- Participating broadcaster: Norsk rikskringkasting (NRK)
- Country: Norway
- Selection process: Melodi Grand Prix 2013
- Selection date: 9 February 2013

Competing entry
- Song: "I Feed You My Love"
- Artist: Margaret Berger
- Songwriters: Karin Park; Niklas Olovson; Robin Lynch;

Placement
- Semi-final result: Qualified (3rd, 120 points)
- Final result: 4th, 191 points

Participation chronology

= Norway in the Eurovision Song Contest 2013 =

Norway was represented at the Eurovision Song Contest 2013 with the song "I Feed You My Love" written by Karin Park, Robin Lynch and Niklas Olovson. The song was performed by Margaret Berger. The Norwegian Broadcasting Corporation (NRK) organised the national final Melodi Grand Prix 2013 in order to select the Norwegian entry for the 2013 contest in Malmö, Sweden. 21 entries competed in the national final that consisted of three semi-finals and a final. Ten entries ultimately qualified to compete in the final on 9 February 2013 where the winner was determined over two rounds of voting. In the first round of voting, a public televote exclusively selected the top four entries to advance to the competition's second round—the Gold Final. In the second round of voting, "I Feed You My Love" performed by Margaret Berger was selected as the winner following the combination of votes from three regional jury groups and a public vote.

Norway was drawn to compete in the second semi-final of the Eurovision Song Contest which took place on 16 May 2013. Performing during the show in position 13, "I Feed You My Love" was announced among the top 10 entries of the second semi-final and therefore qualified to compete in the final on 18 May. It was later revealed that Norway placed third out of the 17 participating countries in the semi-final with 120 points. In the final, Norway performed in position 24 and placed fourth out of the 26 participating countries with 191 points.

==Background==

Prior to the 2013 contest, Norway had participated in the Eurovision Song Contest 51 times since its first entry in 1960. Norway had won the contest on two occasions: in 1985 with the song "La det swinge" performed by Bobbysocks! and in 1995 with the song "Nocturne" performed by Secret Garden. Norway also had the two dubious distinctions of having finished last in the Eurovision final more than any other country and for having the most "nul points" (zero points) in the contest, the latter being a record the nation shared together with Austria. The country had finished last eleven times and had failed to score a point during four contests. Following the introduction of semi-finals in 2004, Norway has, to this point, finished in the top 10 three times: Wig Wam finished ninth with the song "In My Dreams" in 2005, Maria Haukaas Storeng was fifth in 2008 with "Hold On Be Strong", and Alexander Rybak won in 2009.

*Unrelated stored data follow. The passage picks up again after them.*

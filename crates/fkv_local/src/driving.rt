//! One operation of one partition, driven to its end.
ghost use Rattle.std.specs.Prelude.{◌≡◌, ◌≢◌, ◌<◌, ◌≤◌, ◌+◌, ◌-◌, ◌*◌, ◌^◌, ℕ, None, Ok, true, false, IsTrue, IfOk, IfErr, IfSome, OnOk, OnErr};
ghost use Rattle.fkv_operations.specs.After.{key_of};
ghost use Rattle.fkv_operations.specs.declared.operations.KeyedOp.TheVariants.{Read};
ghost use Rattle.fkv_hybrid.specs.Views.{IsFull};
ghost use Rattle.fkv_partition.specs.Views.{partition_of};
ghost use Rattle.fkv_partition.specs.Events.{IsPassedOn};
ghost use Rattle.fkv_alone.specs.Ending.{Ends};
ghost use Rattle.fkv_alone.specs.Bound.{may_load, loads_of, NoneClaims};
ghost use Rattle.fkv_alone.specs.Causes.{CanFailToRead, CanFailToWrite};
ghost use Rattle.fkv_local.specs.Causing.{IsCausedBy};
ghost use Rattle.fkv_local.specs.Resting.{IsIdle, StaysIdle};
ghost use Rattle.fkv_local.specs.Moving.{IsPassed, IsMoveRefusal, IsSameLog};
ghost use Rattle.fkv_local.specs.Reading.{records_of};
ghost use Rattle.fkv_local.specs.Failures.{failures_of, IsBeside};
ghost use Rattle.fkv_local.specs.Storing.{Runs};
ghost use Rattle.fkv_local.specs.Refusing.{IsStopped, IsRefusedBy};

use crate::compacting::compact_where_due;
use crate::moving::tidy;
use crate::parts::{PagedPartition, SLOT, Shard, Terms};
use fkv_alone::run_alone;
use fkv_device::{Disk, PageReader};
use fkv_functions::{Mergeable, Refused};
use fkv_operations::{Answer, AnswerOf, Clock, KeyedOp, KeyedOpOf};
use fkv_partition::{Progress, ProgressOf};

/// An operation that waits is in its session's lowest context, where nothing else is open.
const CONTEXT: usize = 0;

/// More events than a clock has moments.
const NO_LIMIT: u64 = u64::MAX;

/// Makes an operation in a session that has nothing open, by the events of its partition, until it is done, waits or is refused.
fn once<F: Mergeable, D: Disk, P: PageReader<Receipt = D::Receipt>>(
    functions: &F,
    part: &mut PagedPartition<F, D>,
    reader: &mut P,
    op: KeyedOpOf<F>,
    clock: &mut Clock,
) -> Result<ProgressOf<F, D::Receipt>, Refused>
    requires past { part.old.partition.moment ≤ clock.old }
    ensures ends { Ends D.Receipt.keeps F.Key.cmp F.parts.joined F.meaning F.code op part.old.partition part.new.partition 0
        (2 ^ 64 - 1) clock.old clock.new (P.failures reader.old) (P.failures reader.new) result }
    ensures unread { may_load op ≡ false → reader.new ≡ reader.old }
    ensures loads { IsTrue D.Receipt.keeps → NoneClaims part.old.partition
        → P.reads reader.new ≤ P.reads reader.old + loads_of F.code part.old.partition.records op }
    ensures caused { P.failures reader.new ≢ P.failures reader.old → CanFailToRead D.Receipt.stands P.can_fail }
    ensures rest { IsPassedOn part.old.partition part.new.partition }
    ensures passed { IsPassed part.new.partition.moment clock.old clock.new }
    ensures small { clock.new < 2 ^ 64 }
    ensures same_writer { part.new.writer ≡ part.old.writer }
    ensures merges { part.old.partition.merges ≡ F.MERGES }
{
    // which says that what it has of the functions is theirs
    let _merges = part.partition.merges();
    let told = run_alone(
        &mut part.partition,
        SLOT,
        op,
        functions,
        reader,
        clock,
        NO_LIMIT,
    )
    .progress;
    // which says that it has 64 bits
    let _last = clock.last();
    told
}
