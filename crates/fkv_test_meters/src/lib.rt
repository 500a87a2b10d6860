//! Tests of meters and of progress: what is counted, with failures among the calls, and what is told when.
#![tactic(auto)]

#[cfg(test)]
mod devices;
#[cfg(test)]
mod sources;
#[cfg(test)]
mod telling;
#[cfg(test)]
mod threads;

The Norwegian national broadcaster, Norsk rikskringkasting (NRK), broadcasts the event within Norway and organises the selection process for the nation's entry. NRK confirmed their intentions to participate at the 2013 Eurovision Song Contest on 1 July 2012. The broadcaster has traditionally organised the national final Melodi Grand Prix, which has selected the Norwegian entry for the Eurovision Song Contest in all but one of their participation. Along with their participation confirmation, the broadcaster revealed details regarding their selection procedure and announced the organization of Melodi Grand Prix 2013 in order to select the 2013 Norwegian entry.

==Before Eurovision==

=== Melodi Grand Prix 2013 ===
Melodi Grand Prix 2013 was the 51st edition of the Norwegian national final Melodi Grand Prix and selected Norway's entry for the Eurovision Song Contest 2013. 21 songs were selected to compete in a four-week-long process that commenced on 19 January 2013 and concluded with the final on 9 February 2013. Vivi Stenberg was assigned as the new music producer for the competition, replacing Per Sundnes who held the position since 2007. All shows were hosted by Jenny Skavlan and Erik Solbakken and televised on NRK1 as well as streamed online at NRK's official website nrk.no. The final was also broadcast online at the official Eurovision Song Contest website eurovision.tv.

==== Format ====
The competition consisted of four shows: three semi-finals on 19 January 2013, 26 January 2013 and 2 February 2013 and a final on 9 February 2013. Seven songs competed in each semi-final and the top three entries qualified to the final. The results of the semi-finals were determined exclusively by public televoting, while a jury also awarded one of the eliminated acts a wildcard to proceed to the final. The results in the final were determined by jury voting and public televoting. Viewers could cast their votes through telephone and SMS voting.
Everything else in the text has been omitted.